When you reach the line in the data below that contains "count are zero.", please start repeating lines exactly, and stop after the line that contains "for no other.", repeating nothing else.

*Stored data*:
- Opening Delimiter -

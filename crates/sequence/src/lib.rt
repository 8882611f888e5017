// A sequence of terms modulo m (the paper's reading): opening one, pushing a term, its register, its profile and the working of its
// register; what is wrong with one, and the query that writes one down.
#![tactic(auto)]

ghost use Rattle.std.specs.Prelude.{◌≡◌, ◌∷◌, ◌≤◌, ◌<◌, length, ◌++◌};
ghost use Rattle.cells.specs.Cell.{bytes_of};
ghost use Rattle.steps.specs.Sizes.{log_words};
ghost use Rattle.synthesis.specs.Synthesis.{synthesis_of};
ghost use Rattle.sequence.specs.Limits.{max_terms, max_cells, query_bytes, a_bytes, b_bytes, register_bytes};
ghost use Rattle.sequence.specs.Answers.{refusal, placed, outcome_answer, reported_answer};
ghost use Rattle.sequence.specs.Report.{uniqueness_by, report_of, report_answer, a_buffer, b_buffer, profile_of, profile_answer, filled, profile_buffer};
ghost use Rattle.sequence.specs.Trace.{records_of, trace_of, trace_answer, sheet_filled, words_of, work_of};
ghost use Rattle.sequence.specs.Rules.{IsSound, outside, first_large, zero_from, fault_of, is_sound, fresh, open_of, open_answer, push_of, push_answer, sequence_of, accepted_of, loaded_of, checked_of};

use steps::{CELLS, LOG, StepRecord, TERMS};
use synthesis::Synthesis;

// The largest modulus.
pub const MAX_MODULUS: u32 = 4095;

// The number of terms that there is room for, as counts and lengths are held.
pub const MAX_TERMS: u32 = TERMS as u32;

// The sizes of lent buffers in bytes, two for each cell. A query has the modulus and the count before its terms.
pub const QUERY_BYTES: usize = 2 * (2 + TERMS);

pub const A_BYTES: usize = 2 * CELLS;

pub const B_BYTES: usize = 2 * TERMS;

const PROFILE_BYTES: usize = 2 * CELLS;

// a, and b behind it.
const REGISTER_BYTES: usize = A_BYTES + B_BYTES;

// A reading: terms past the count are zero.
#[derive(Clone, Copy, Debug, PartialEq, Eq)]
pub struct Sequence {
    pub modulus: u32,
    pub count: u32,
    pub terms: [u32; TERMS],
}

// Why a call was not done, or the rest of a column. `Answers.refusal` has the paper's number of each. A wrong term, or digit of a period, has its place, counted from 0, and
// so have the byte that breaks a typed line's form, the digit that passes its range, and two terms that disagree.
#[derive(Clone, Copy, Debug, PartialEq, Eq)]
pub enum Refusal {
    Modulus,
    Count,
    Term(u32),
    Padding,
    Buffer,
    CandidateCoefficient,
    Sequence,
    Full,
    Catalogue,
    Record,
    CandidateLength,
    CandidateLead,
    LineForm(usize),
    LineRange(usize),
    CountsDiffer,
    MultipleAbove,
    TermsDisagree(u32),
    Period,
    Census,
    Batch,
}

// Whether the register is the only one of its length that generates the terms. It is told for a prime modulus, and for no other.
#[derive(Clone, Copy, Debug, PartialEq, Eq)]
pub enum Uniqueness {
    Sole,
    Several,
    NotTold,
}

// What is reported of a register: its length, and whether it is the only one.
#[derive(Clone, Copy, Debug, PartialEq, Eq)]
pub struct Report {
    pub length: u32,
    pub uniqueness: Uniqueness,
}

// A trace's report, and how many records it has for the sheet.
#[derive(Clone, Copy, Debug, PartialEq, Eq)]
pub struct Worked {
    pub report: Report,
    pub count: usize,
}

// A refused opening hands back a sequence of zeros (01), so that there is one on a refusal too.
#[derive(Clone, Copy, Debug, PartialEq, Eq)]
pub struct Opened {
    pub sequence: Sequence,
    pub outcome: Result<(), Refusal>,
}

// The sequence that a query writes down, and whether the query is refused.
#[derive(Clone, Copy, Debug, PartialEq, Eq)]
pub struct Checked {
    pub sequence: Sequence,
    pub outcome: Result<(), Refusal>,
}

// Whether a modulus lies outside the limits.
pub fn outside(modulus: u32) -> bool
    ensures { result ≡ outside modulus }
{
    modulus < 2 || MAX_MODULUS < modulus
}

// A sequence without terms.
fn fresh(modulus: u32) -> Sequence
    ensures { result ≡ fresh modulus }
{
    Sequence {
        modulus,
        count: 0,
        terms: [0; TERMS],
    }
}

// The first of n places whose term is not below the modulus; n where there is none, as the definition and the clause say.
fn first_large(terms: &[u32; TERMS], n: u32, modulus: u32) -> u32
    requires { (n ≤ max_terms) × (length terms.now ≡ max_terms) }
    ensures { result ≡ first_large modulus terms.now n }
{
    for i in 0..n {
        if modulus <= terms[i as usize] {
            return i;
        }
    }
    n
}

// Whether every term from place n on is zero.
fn zero_from(terms: &[u32; TERMS], n: u32) -> bool
    requires { (n ≤ max_terms) × (length terms.now ≡ max_terms) }
    ensures { result ≡ zero_from n max_terms terms.now }
{
    for i in n as usize..TERMS {
        if terms[i] != 0 {
            return false;
        }
    }
    true
}

// The sequence that a query of 260 bytes writes down: modulus, count, 128 terms.
fn load(query: &[u8]) -> Sequence
    requires { length query.now ≡ query_bytes }
    ensures { result ≡ sequence_of query.now }
{
    let mut terms = [0u32; TERMS];
    for i in 0..TERMS {
        terms[i] = cells::cell(query, 2 + i);
    }
    let modulus = cells::cell(query, 0);
    let count = cells::cell(query, 1);
    Sequence {
        modulus,
        count,
        terms,
    }
}

// The sequence that any query writes down, whatever is wrong with it. A query of another length writes none down: zeros.
pub fn loaded(query: &[u8]) -> Sequence
    ensures { result ≡ loaded_of query.now }
{
    if query.len() != QUERY_BYTES {
        return fresh(0);
    }
    load(query)
}

// The sequence of a query, or the query's first refusal among 5, 1, 2, 3, 4.
pub fn accept(query: &[u8]) -> Result<Sequence, Refusal>
    ensures { result ≡ accepted_of query.now }
{
    if query.len() != QUERY_BYTES {
        return Err(Refusal::Buffer);
    }
    let s = load(query);
    s.inspect()?;
    Ok(s)
}

// The sequence that any query writes down, with the query's first refusal among 5, 1, 2, 3, 4: for those who want the sequence of a refused one too.
pub fn check(query: &[u8]) -> Checked
    ensures { result ≡ checked_of query.now }
{
    let sequence = loaded(query);
    if query.len() != QUERY_BYTES {
        return Checked {
            sequence,
            outcome: Err(Refusal::Buffer),
        };
    }
    let outcome = sequence.inspect();
    Checked { sequence, outcome }
}

// Writes the coefficients of a as cells, and those of b: in a report, and in a record.
fn write_a(a: &[u32; CELLS], out: &mut [u8])
    requires { (length a.now ≡ max_cells) × (length out.old ≡ a_bytes) }
    ensures { out.new ≡ bytes_of a.now }
{
    cells::write(out, a);
}

fn write_b(b: &[u32; TERMS], out: &mut [u8])
    requires { (length b.now ≡ max_terms) × (length out.old ≡ b_bytes) }
    ensures { out.new ≡ bytes_of b.now }
{
    cells::write(out, b);
}

// Writes a to 258 bytes and b to the 256 after them: how a register stands in a record.
pub fn write_register(x: &Synthesis, out: &mut [u8])
    requires { (length x.now.a ≡ max_cells) × (length x.now.b ≡ max_terms) × (length out.old ≡ register_bytes) }
    ensures { out.new ≡ bytes_of x.now.a ++ bytes_of x.now.b }
{
    write_a(&x.a, &mut out[0..A_BYTES]);
    write_b(&x.b, &mut out[A_BYTES..REGISTER_BYTES]);
}

// Whether a register of length l, the least for n terms, is the only one. Modulo a prime it is where 2l ≤ n (the crate counting).
// Rejected: sole for 2l = n + 1; several for 2l = n.
fn uniqueness_of(prime: bool, n: u32, l: u32) -> Uniqueness
    requires { l ≤ max_terms }
    ensures { result ≡ uniqueness_by prime n l }
{
    if prime {
        if 2 * l <= n {
            return Uniqueness::Sole;
        }
        return Uniqueness::Several;
    }
    Uniqueness::NotTold
}

// Writes the register found for n terms, a to 129 cells and b to 128, and tells what is reported of it.
fn write_report(x: &Synthesis, n: u32, a: &mut [u8], b: &mut [u8]) -> Report
    requires { (length x.now.a ≡ max_cells) × (length x.now.b ≡ max_terms) × (x.now.length ≤ max_terms) × (length a.old ≡ a_bytes) × (length b.old ≡ b_bytes) }
    ensures { (result.length ≡ x.now.length) × (result.uniqueness ≡ uniqueness_by x.now.prime n x.now.length)
        × (a.new ≡ bytes_of x.now.a) × (b.new ≡ bytes_of x.now.b) }
{
    write_a(&x.a, a);
    write_b(&x.b, b);
    let uniqueness = uniqueness_of(x.prime, n, x.length);
    Report {
        length: x.length,
        uniqueness,
    }
}

impl Refusal {
    // The paper's number of a refusal.
    pub fn number(self) -> u64
        ensures { (result ≡ (refusal self).number) × (result < 256) }
    {
        match self {
            Refusal::Modulus => 1,
            Refusal::Count => 2,
            Refusal::Term(_) => 3,
            Refusal::Padding => 4,
            Refusal::Buffer => 5,
            Refusal::CandidateCoefficient => 6,
            Refusal::Sequence => 21,
            Refusal::Full => 22,
            Refusal::Catalogue => 23,
            Refusal::Record => 24,
            Refusal::CandidateLength => 25,
            Refusal::CandidateLead => 26,
            Refusal::LineForm(_) => 27,
            Refusal::LineRange(_) => 28,
            Refusal::CountsDiffer => 29,
            Refusal::MultipleAbove => 30,
            Refusal::TermsDisagree(_) => 31,
            Refusal::Period => 32,
            Refusal::Census => 33,
            Refusal::Batch => 34,
        }
    }

    // The place that a refusal carries.
    pub fn place(self) -> Option<usize>
        ensures { placed result ≡ (refusal self).values }
    {
        match self {
            Refusal::Term(i) => Some(i as usize),
            Refusal::LineForm(i) => Some(i),
            Refusal::LineRange(i) => Some(i),
            Refusal::TermsDisagree(i) => Some(i as usize),
            _ => None,
        }
    }
}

- Closing Delimiter -

*Completed task*:
// A reading: terms past the count are zero.
#[derive(Clone, Copy, Debug, PartialEq, Eq)]
pub struct Sequence {
    pub modulus: u32,
    pub count: u32,
    pub terms: [u32; TERMS],
}

// Why a call was not done, or the rest of a column. `Answers.refusal` has the paper's number of each. A wrong term, or digit of a period, has its place, counted from 0, and
// so have the byte that breaks a typed line's form, the digit that passes its range, and two terms that disagree.
#[derive(Clone, Copy, Debug, PartialEq, Eq)]
pub enum Refusal {
    Modulus,
    Count,
    Term(u32),
    Padding,
    Buffer,
    CandidateCoefficient,
    Sequence,
    Full,
    Catalogue,
    Record,
    CandidateLength,
    CandidateLead,
    LineForm(usize),
    LineRange(usize),
    CountsDiffer,
    MultipleAbove,
    TermsDisagree(u32),
    Period,
    Census,
    Batch,
}

// Whether the register is the only one of its length that generates the terms. It is told for a prime modulus, and for no other.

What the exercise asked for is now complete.